Go line by line through the records below. Copy whichever lines contain the string "into".

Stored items

»»

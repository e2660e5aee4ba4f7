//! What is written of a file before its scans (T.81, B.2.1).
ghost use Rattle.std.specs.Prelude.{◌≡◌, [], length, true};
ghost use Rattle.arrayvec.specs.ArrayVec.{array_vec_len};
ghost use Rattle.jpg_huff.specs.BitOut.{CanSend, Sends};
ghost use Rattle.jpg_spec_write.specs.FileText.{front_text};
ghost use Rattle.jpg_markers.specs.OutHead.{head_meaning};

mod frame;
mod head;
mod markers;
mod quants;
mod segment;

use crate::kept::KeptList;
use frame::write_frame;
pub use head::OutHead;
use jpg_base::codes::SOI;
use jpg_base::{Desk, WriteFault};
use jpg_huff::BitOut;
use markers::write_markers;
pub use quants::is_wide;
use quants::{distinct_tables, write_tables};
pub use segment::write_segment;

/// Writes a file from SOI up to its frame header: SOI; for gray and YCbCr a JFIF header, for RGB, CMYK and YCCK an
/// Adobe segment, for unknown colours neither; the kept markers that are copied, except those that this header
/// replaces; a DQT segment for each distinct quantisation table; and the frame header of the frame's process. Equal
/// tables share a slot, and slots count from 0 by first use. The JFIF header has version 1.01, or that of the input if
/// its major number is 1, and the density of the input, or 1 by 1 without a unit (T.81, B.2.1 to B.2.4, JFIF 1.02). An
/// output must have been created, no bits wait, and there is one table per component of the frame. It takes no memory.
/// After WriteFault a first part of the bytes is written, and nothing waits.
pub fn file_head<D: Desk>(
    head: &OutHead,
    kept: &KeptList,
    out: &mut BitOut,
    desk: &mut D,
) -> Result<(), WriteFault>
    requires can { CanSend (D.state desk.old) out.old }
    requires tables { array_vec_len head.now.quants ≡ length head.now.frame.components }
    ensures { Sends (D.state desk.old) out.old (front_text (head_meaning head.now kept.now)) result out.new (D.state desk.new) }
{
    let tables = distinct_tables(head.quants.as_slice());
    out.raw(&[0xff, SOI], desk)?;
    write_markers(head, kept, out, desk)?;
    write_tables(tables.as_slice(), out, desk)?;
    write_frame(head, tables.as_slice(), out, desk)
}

««
»»

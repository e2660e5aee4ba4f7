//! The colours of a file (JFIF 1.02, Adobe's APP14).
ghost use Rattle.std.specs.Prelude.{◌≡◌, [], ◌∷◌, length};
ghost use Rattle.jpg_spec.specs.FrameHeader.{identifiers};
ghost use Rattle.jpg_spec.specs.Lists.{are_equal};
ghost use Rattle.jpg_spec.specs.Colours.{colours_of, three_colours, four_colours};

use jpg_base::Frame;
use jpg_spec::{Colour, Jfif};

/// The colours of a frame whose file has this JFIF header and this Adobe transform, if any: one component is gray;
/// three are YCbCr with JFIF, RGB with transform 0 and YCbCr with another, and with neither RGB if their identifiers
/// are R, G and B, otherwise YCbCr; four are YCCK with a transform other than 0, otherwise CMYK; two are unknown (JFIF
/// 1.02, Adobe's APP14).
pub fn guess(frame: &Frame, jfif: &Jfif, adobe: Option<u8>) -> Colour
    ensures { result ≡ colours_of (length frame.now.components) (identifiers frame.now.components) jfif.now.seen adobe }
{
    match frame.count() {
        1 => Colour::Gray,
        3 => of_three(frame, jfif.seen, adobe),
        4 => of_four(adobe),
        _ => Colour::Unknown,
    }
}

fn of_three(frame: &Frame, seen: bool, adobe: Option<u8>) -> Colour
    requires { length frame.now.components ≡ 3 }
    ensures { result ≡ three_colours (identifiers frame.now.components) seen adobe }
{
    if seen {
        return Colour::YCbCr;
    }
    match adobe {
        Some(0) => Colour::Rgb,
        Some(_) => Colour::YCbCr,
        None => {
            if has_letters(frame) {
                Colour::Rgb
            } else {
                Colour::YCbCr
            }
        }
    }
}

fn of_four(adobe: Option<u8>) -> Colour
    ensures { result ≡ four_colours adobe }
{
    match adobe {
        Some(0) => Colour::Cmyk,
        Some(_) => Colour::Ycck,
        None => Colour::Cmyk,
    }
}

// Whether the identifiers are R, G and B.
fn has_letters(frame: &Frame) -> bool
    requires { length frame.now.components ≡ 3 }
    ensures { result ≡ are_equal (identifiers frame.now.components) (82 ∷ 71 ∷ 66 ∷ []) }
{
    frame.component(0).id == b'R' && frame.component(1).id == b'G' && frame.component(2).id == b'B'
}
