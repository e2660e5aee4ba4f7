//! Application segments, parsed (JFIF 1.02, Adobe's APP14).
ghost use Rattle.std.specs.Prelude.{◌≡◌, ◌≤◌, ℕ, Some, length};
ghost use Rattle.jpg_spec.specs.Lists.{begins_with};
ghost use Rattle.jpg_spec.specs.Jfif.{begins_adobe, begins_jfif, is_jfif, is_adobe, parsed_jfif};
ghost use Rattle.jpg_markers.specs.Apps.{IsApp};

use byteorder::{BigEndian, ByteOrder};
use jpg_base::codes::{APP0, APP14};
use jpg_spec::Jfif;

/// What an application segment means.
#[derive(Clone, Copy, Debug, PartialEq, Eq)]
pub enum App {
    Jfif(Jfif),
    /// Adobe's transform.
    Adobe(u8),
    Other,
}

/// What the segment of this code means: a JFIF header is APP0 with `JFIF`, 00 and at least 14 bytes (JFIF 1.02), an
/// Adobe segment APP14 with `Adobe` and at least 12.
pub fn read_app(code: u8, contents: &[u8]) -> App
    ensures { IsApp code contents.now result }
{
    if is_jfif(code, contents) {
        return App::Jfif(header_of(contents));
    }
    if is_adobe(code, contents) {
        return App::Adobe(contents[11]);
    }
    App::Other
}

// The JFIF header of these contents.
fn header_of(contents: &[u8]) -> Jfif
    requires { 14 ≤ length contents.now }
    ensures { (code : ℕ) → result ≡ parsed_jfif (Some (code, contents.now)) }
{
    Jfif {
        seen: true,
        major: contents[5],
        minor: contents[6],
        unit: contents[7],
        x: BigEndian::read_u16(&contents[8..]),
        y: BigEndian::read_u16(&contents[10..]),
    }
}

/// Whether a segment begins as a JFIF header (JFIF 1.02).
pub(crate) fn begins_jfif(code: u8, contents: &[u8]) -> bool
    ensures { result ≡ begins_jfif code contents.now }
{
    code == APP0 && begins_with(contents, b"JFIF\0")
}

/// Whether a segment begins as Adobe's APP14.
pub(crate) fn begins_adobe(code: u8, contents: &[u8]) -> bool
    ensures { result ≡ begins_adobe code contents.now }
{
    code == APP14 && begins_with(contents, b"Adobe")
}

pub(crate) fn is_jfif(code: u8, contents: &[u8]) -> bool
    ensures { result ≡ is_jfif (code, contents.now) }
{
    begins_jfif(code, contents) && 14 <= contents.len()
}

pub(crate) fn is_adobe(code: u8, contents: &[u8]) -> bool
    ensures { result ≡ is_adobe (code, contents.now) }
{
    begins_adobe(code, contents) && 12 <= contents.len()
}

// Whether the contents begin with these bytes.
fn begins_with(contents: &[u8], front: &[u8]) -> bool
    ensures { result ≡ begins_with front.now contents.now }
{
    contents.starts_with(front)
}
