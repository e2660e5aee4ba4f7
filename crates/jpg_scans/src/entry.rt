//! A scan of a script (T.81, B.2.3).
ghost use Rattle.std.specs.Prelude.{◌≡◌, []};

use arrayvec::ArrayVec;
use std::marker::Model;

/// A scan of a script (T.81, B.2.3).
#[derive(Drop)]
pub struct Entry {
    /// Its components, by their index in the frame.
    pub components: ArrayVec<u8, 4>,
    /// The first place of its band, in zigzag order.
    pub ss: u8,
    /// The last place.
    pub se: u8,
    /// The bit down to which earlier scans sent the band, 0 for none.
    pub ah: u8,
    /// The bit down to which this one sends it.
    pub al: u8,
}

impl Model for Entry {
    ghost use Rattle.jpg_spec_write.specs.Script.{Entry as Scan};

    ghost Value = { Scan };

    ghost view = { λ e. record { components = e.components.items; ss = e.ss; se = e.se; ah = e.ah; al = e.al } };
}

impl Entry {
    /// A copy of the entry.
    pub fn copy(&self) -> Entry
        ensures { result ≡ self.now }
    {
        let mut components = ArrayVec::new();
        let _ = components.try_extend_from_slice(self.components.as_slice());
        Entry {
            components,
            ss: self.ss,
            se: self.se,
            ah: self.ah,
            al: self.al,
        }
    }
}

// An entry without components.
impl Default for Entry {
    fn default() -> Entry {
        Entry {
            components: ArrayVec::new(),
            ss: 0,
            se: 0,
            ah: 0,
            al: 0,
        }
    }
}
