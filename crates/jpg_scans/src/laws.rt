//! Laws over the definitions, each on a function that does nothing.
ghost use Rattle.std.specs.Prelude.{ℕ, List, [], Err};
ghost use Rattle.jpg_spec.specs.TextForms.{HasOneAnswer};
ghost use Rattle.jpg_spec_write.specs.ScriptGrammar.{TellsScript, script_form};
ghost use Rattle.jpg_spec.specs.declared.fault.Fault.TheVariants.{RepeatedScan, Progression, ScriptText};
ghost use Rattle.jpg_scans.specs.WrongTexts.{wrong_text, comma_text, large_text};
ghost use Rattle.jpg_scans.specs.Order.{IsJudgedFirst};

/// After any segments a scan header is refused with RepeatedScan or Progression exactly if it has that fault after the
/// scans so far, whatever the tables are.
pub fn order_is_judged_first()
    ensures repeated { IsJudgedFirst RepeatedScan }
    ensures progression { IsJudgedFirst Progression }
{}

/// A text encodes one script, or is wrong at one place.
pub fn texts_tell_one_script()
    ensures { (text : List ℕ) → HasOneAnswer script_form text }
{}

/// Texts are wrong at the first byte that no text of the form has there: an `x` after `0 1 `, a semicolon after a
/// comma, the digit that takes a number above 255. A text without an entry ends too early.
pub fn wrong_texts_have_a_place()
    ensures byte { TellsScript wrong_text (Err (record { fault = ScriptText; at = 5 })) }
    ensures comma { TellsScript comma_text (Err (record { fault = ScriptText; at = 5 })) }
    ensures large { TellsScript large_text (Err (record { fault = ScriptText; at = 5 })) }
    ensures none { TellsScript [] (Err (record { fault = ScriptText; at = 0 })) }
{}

««
»»

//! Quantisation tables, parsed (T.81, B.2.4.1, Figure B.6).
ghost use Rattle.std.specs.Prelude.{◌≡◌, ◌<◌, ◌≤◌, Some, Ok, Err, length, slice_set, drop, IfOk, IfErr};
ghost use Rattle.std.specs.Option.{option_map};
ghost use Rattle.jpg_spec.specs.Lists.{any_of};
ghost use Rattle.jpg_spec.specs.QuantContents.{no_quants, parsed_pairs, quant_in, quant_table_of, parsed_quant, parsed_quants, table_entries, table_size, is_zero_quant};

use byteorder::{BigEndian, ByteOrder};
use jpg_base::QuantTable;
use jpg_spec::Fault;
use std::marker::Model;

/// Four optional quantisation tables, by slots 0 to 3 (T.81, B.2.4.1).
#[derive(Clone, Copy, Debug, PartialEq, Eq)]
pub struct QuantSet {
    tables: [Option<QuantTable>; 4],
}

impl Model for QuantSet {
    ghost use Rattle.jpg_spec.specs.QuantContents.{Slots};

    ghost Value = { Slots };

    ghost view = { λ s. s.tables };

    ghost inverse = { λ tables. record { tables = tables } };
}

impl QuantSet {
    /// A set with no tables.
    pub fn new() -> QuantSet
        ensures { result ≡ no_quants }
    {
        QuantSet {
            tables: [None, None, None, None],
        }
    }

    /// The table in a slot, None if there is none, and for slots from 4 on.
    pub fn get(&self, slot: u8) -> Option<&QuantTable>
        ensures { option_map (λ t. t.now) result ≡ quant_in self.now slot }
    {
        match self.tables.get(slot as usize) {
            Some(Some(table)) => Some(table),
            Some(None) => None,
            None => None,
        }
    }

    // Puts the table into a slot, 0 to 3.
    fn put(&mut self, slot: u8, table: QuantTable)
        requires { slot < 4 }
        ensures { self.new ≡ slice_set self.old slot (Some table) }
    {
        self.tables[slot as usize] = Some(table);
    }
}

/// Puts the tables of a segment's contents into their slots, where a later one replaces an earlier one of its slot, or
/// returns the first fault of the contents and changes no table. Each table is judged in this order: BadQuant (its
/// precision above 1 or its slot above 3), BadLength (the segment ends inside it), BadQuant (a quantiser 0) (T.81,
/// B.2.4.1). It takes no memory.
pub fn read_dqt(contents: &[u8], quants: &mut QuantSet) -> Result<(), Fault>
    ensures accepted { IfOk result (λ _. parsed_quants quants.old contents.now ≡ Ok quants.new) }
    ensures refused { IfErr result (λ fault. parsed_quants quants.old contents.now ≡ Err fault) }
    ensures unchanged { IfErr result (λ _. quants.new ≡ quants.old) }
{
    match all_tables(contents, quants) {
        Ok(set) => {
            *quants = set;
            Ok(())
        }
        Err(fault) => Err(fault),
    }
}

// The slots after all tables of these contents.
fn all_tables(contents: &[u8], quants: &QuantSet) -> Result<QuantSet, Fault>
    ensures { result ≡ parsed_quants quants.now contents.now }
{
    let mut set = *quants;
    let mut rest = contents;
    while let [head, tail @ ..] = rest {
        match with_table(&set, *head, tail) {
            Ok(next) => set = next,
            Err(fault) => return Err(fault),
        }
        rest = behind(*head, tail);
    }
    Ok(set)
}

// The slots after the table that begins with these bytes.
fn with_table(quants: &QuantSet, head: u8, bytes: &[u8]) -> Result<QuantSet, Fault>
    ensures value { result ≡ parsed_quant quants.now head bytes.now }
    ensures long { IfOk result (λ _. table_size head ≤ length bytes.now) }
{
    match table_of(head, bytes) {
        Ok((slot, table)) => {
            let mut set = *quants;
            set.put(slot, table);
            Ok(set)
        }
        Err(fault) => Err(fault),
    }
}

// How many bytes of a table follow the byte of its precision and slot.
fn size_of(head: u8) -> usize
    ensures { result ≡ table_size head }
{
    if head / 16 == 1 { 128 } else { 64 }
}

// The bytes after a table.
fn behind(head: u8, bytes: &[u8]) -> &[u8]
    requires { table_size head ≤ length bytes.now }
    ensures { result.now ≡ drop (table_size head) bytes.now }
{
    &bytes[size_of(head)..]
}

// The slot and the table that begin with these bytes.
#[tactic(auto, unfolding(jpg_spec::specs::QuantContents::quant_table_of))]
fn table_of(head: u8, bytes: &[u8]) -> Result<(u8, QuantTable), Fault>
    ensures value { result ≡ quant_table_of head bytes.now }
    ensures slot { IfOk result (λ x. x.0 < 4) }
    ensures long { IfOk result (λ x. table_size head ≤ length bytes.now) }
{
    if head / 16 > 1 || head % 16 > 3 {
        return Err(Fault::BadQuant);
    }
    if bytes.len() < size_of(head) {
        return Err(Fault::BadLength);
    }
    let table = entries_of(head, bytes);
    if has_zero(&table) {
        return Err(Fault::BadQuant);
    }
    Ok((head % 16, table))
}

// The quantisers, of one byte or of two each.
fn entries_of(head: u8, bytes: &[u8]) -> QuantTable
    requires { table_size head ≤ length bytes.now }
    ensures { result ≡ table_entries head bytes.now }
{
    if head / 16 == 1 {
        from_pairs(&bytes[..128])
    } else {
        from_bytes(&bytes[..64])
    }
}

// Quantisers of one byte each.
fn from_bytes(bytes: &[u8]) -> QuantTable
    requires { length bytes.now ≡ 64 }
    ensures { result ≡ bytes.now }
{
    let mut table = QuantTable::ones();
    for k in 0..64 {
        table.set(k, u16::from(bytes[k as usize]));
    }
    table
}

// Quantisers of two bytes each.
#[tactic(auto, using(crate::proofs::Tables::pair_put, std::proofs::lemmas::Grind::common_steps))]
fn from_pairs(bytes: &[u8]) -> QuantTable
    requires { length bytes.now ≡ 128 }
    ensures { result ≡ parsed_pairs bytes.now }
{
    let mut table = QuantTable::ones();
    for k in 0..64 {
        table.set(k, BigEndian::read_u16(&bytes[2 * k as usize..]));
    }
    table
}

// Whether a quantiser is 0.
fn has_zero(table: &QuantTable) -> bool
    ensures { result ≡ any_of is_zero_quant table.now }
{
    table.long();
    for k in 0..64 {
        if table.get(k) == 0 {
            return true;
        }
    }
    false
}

««

### TASK RESPONSE
    // Puts the table into a slot, 0 to 3.
/// Puts the tables of a segment's contents into their slots, where a later one replaces an earlier one of its slot, or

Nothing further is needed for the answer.